Test variables that don’t depend on data

Posted on November 6, 2007 1:56 AM by Andrew

Ying Yuan writes,

I have a question on posterior predictive model checking (Gelman, Meng and Stern 1996). Consider a simple two-level model

y_{ij} ~ N(\alpha_i + \beta_i * x_ij, \sigma^2)
\alpha_i ~ N(\alpha, \tau_1^2)
\beta_i ~ N(\beta, \tau_2^2)

I am interesting in assessing the second level of the model, and come up with a discrepancy function

D=(\beta_i – \beta)^2/tau_2^2.

However, in Gelman, Meng and Stern (1996), the posterior predictive checking compares

D(y^rep, \theta^j) with D(y^obs, \theta^j) for j=1, … J, where \theta^j is a posterior draw of \theta.

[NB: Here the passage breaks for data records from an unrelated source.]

//! Scripts of TPC-C. Their lengths and checksums are those of another generator of the same rules, in another language.

use crate::cases::ensure_at;
use crate::parsing::read;
use mv_cases::ensure::ensure;
use mv_lex::lexer::lex;
use mv_lex::token::{Kind, Token};
use mv_print::print::print_script;
use mv_tpccgen::load::Load;
use mv_tpccgen::workload::workload;
use mv_values::list::List;
use rand_core::{Rng, SeedableRng};
use rand_xoshiro::SplitMix64;
use std::alloc::Global;
use std::test::Fail;

/// Returns the checksum FNV-1a of 64 bits.
fn checksum(text: &[u8]) -> u64 {
    let mut sum: u64 = 14695981039346656037;
    for byte in text {
        sum = (sum ^ u64::from(*byte)).wrapping_mul(1099511628211);
    }
    sum
}

/// The warehouses, the calls and the seed of a load.
type Size = [u32; 3];

/// Returns the script of a load.
fn script_of(alloc: Global, size: Size) -> Result<List<u8>, Fail> {
    let [warehouses, calls, seed] = size;
    if 1 <= warehouses && warehouses <= 16 && calls <= 40000 {
        let load = Load {
            warehouses,
            calls,
            seed,
        };
        return Ok(workload(alloc, &load)?);
    }
    Err("no load".into())
}

#[test]
fn the_first_word_of_seed_0_is_that_of_splitmix(rt: HostRuntime) -> Result<(), Fail> {
    let word = SplitMix64::from_seed([0; 8]).next_u64();
    ensure(rt.alloc(), word == 16294208416658607535, "another word")
}

/// Loads, with the length and the checksum of the script of each.
const SCRIPTS: &[(Size, usize, u64)] = &[
    ([1, 0, 1], 166098, 11195466886804463731),
    ([1, 200, 1], 186083, 15529427947088743055),
    ([2, 50, 0], 306356, 3231245174657665368),
    ([16, 20, 4294967295], 2255567, 15295057820516949230),
];

#[test]
fn scripts_are_as_wanted(rt: HostRuntime) -> Result<(), Fail> {
    for (i, (size, len, sum)) in SCRIPTS.iter().enumerate() {
        let text = script_of(rt.alloc(), *size)?;
        let holds = text.len() == *len && checksum(text.as_slice()) == *sum;
        ensure_at(rt.alloc(), holds, i)?;
    }
    Ok(())
}

/// Returns the print of a script.
fn print_of(alloc: Global, script: &[u8]) -> Result<List<u8>, Fail> {
    let text = str::from_utf8(script).or(Err("no text"))?;
    let Ok(tree) = read(alloc, text)? else {
        return Err("no script".into());
    };
    Ok(print_script(alloc, &tree, text.as_bytes())?)
}

fn tokens_of(alloc: Global, script: &[u8]) -> Result<List<Token>, Fail> {
    if script.len() > 1 << 24 {
        return Err("too long".into());
    }
    Ok(lex(alloc, script).or(Err("no tokens"))?)
}

/// Returns the kind and the bytes of a token.
fn spelled<'s>(script: &'s [u8], token: &Token) -> (Kind, &'s [u8]) {
    let at = token.at as usize;
    let bytes = script.get(at..at + token.len as usize);
    (token.kind, bytes.unwrap_or(&[]))
}

/// Whether two tokens are the same. The case of letters counts in texts and blocks alone.
fn is_same(one: (Kind, &[u8]), other: (Kind, &[u8])) -> bool {
    let same = match one.0 {
        Kind::Word | Kind::Variable => one.1.eq_ignore_ascii_case(other.1),
        _ => one.1 == other.1,
    };
    one.0 == other.0 && same
}

/// Checks that two scripts have the same tokens.
fn have_same_tokens(alloc: Global, one: &[u8], other: &[u8]) -> Result<(), Fail> {
    let mine = tokens_of(alloc, one)?;
    let theirs = tokens_of(alloc, other)?;
    ensure(alloc, mine.len() == theirs.len(), "more or fewer tokens")?;
    for (mine, theirs) in mine.as_slice().iter().zip(theirs.as_slice()) {
        let same = is_same(spelled(one, mine), spelled(other, theirs));
        ensure(alloc, same, "another token")?;
    }
    Ok(())
}

/// Checks that the print of a script has its tokens, and that it is its own print.
fn prints(alloc: Global, script: &[u8]) -> Result<(), Fail> {
    let print = print_of(alloc, script)?;
    have_same_tokens(alloc, script, print.as_slice())?;
    let again = print_of(alloc, print.as_slice())?;
    let holds = again.as_slice() == print.as_slice();
    ensure(alloc, holds, "another print of the print")
}

/// Loads whose scripts are printed. The built program writes these prints.
const PRINTED: &[Size] = &[[1, 200, 1], [2, 50, 0]];

#[test]
fn scripts_are_printed(rt: HostRuntime) -> Result<(), Fail> {
    for size in PRINTED {
        let script = script_of(rt.alloc(), *size)?;
        prints(rt.alloc(), script.as_slice())?;
    }
    Ok(())
}
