//! The changes of one commit.

ghost use Rattle.std.specs.Prelude.{◌≡◌, ◌==◌, ◌≤◌, length, slice_range, IfOk};
ghost use Rattle.std.specs.List.{filter};
ghost use Rattle.mv_history.specs.Changes.{InOrder};
ghost use Rattle.mv_changes.specs.Tables.{IsCut, is_below};

use mv_history::change::Change;
use mv_values::copied::Copied;
use mv_values::list::List;
use mv_values::memory::NoMemory;
use std::alloc::Global;
use std::marker::Model;
use std::sync::Arc;

/// The changes of a commit, in the order of their tables and keys, each key once. Copies share them. Contracts see them as
/// a list.
#[derive(Drop)]
pub struct Changes {
    items: Arc<List<Change>, Global>,
}

impl Model for Changes {
    ghost use Rattle.std.specs.Prelude.{List as Seq};
    ghost use Rattle.std.specs.Arc.{arc_value};
    ghost use Rattle.mv_history.specs.declared.change.Change.{Change};
    ghost use Rattle.mv_history.specs.Changes.{InOrder};

    ghost Value = { Seq Change };

    ghost view = { λ c. arc_value c.items };

    ghost invariant = { λ c. InOrder (arc_value c.items) };
}

/// Counts the changes of lower tables. Costs the logarithm of the number of changes.
fn count_below(items: &[Change], table: u16) -> usize
    requires { InOrder items.now }
    ensures within { result ≤ length items.now }
    ensures cut { IsCut (is_below table) items.now result }
{
    items.partition_point(
        |change: &Change| -> bool
            ensures { result ≡ is_below table change.now }
        { (change.table as u16) < table },
    )
}

/// Returns the changes from index `from` up to `to`.
fn part(items: &[Change], from: usize, to: usize) -> &[Change]
    requires order { from ≤ to }
    requires within { to ≤ length items.now }
    ensures { result.now ≡ slice_range items.now from to }
{
    &items[from..to]
}

impl Changes {
    /// Returns these changes. Fails with `NoMemory` if memory runs out.
    pub fn of(alloc: Global, items: List<Change>) -> Result<Changes, NoMemory>
        requires { InOrder items }
        ensures { IfOk result (λ changes. changes ≡ items) }
    {
        let items = Arc::new(alloc, items)?;
        Ok(Changes { items })
    }

    /// Borrows the changes.
    pub fn as_slice(&self) -> &[Change]
        ensures items { result.now ≡ self.now }
        ensures order { InOrder self.now }
    {
        self.items.as_slice()
    }

    /// Borrows the changes of a table. Costs the logarithm of the number of changes.
    pub fn of_table(&self, table: u8) -> &[Change]
        ensures { result.now ≡ filter (λ c. c.table == table) self.now }
    {
        let items = self.items.as_slice();
        let from = count_below(items, table as u16);
        let to = count_below(items, table as u16 + 1);
        part(items, from, to)
    }
}

impl Copied for Changes {
    fn copy(&self, _alloc: Global) -> Result<Changes, NoMemory> {
        let items = Arc::try_clone(&self.items)?;
        Ok(Changes { items })
    }
}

The question is that the above discrepancy function does not involve y, and it seems difficult to apply posterior predictive model checking for this specific discrepancy function. I am wondering if the discrepancy function has to been depend on data to use posterior predictive method.

My reply: In general, the discrepancy measure can depend on data and parameters, but depending just on parameters is ok–that’s a special case. But I’m not sure that the particular discrepancy function you’re considering will be so useful. If you’re estimating tau_2 from the data, then this particular function of parameters will probably be fit well in any case. I think you have to think a bit harder about what aspects of the beta model you’re interested in studying.

Also, in the replications, you have to decide whether you’re interested in new data with the same alpha’s and beta’s, or also new alpha’s, or also new beta’s, or both. It depends how you plan to use the model.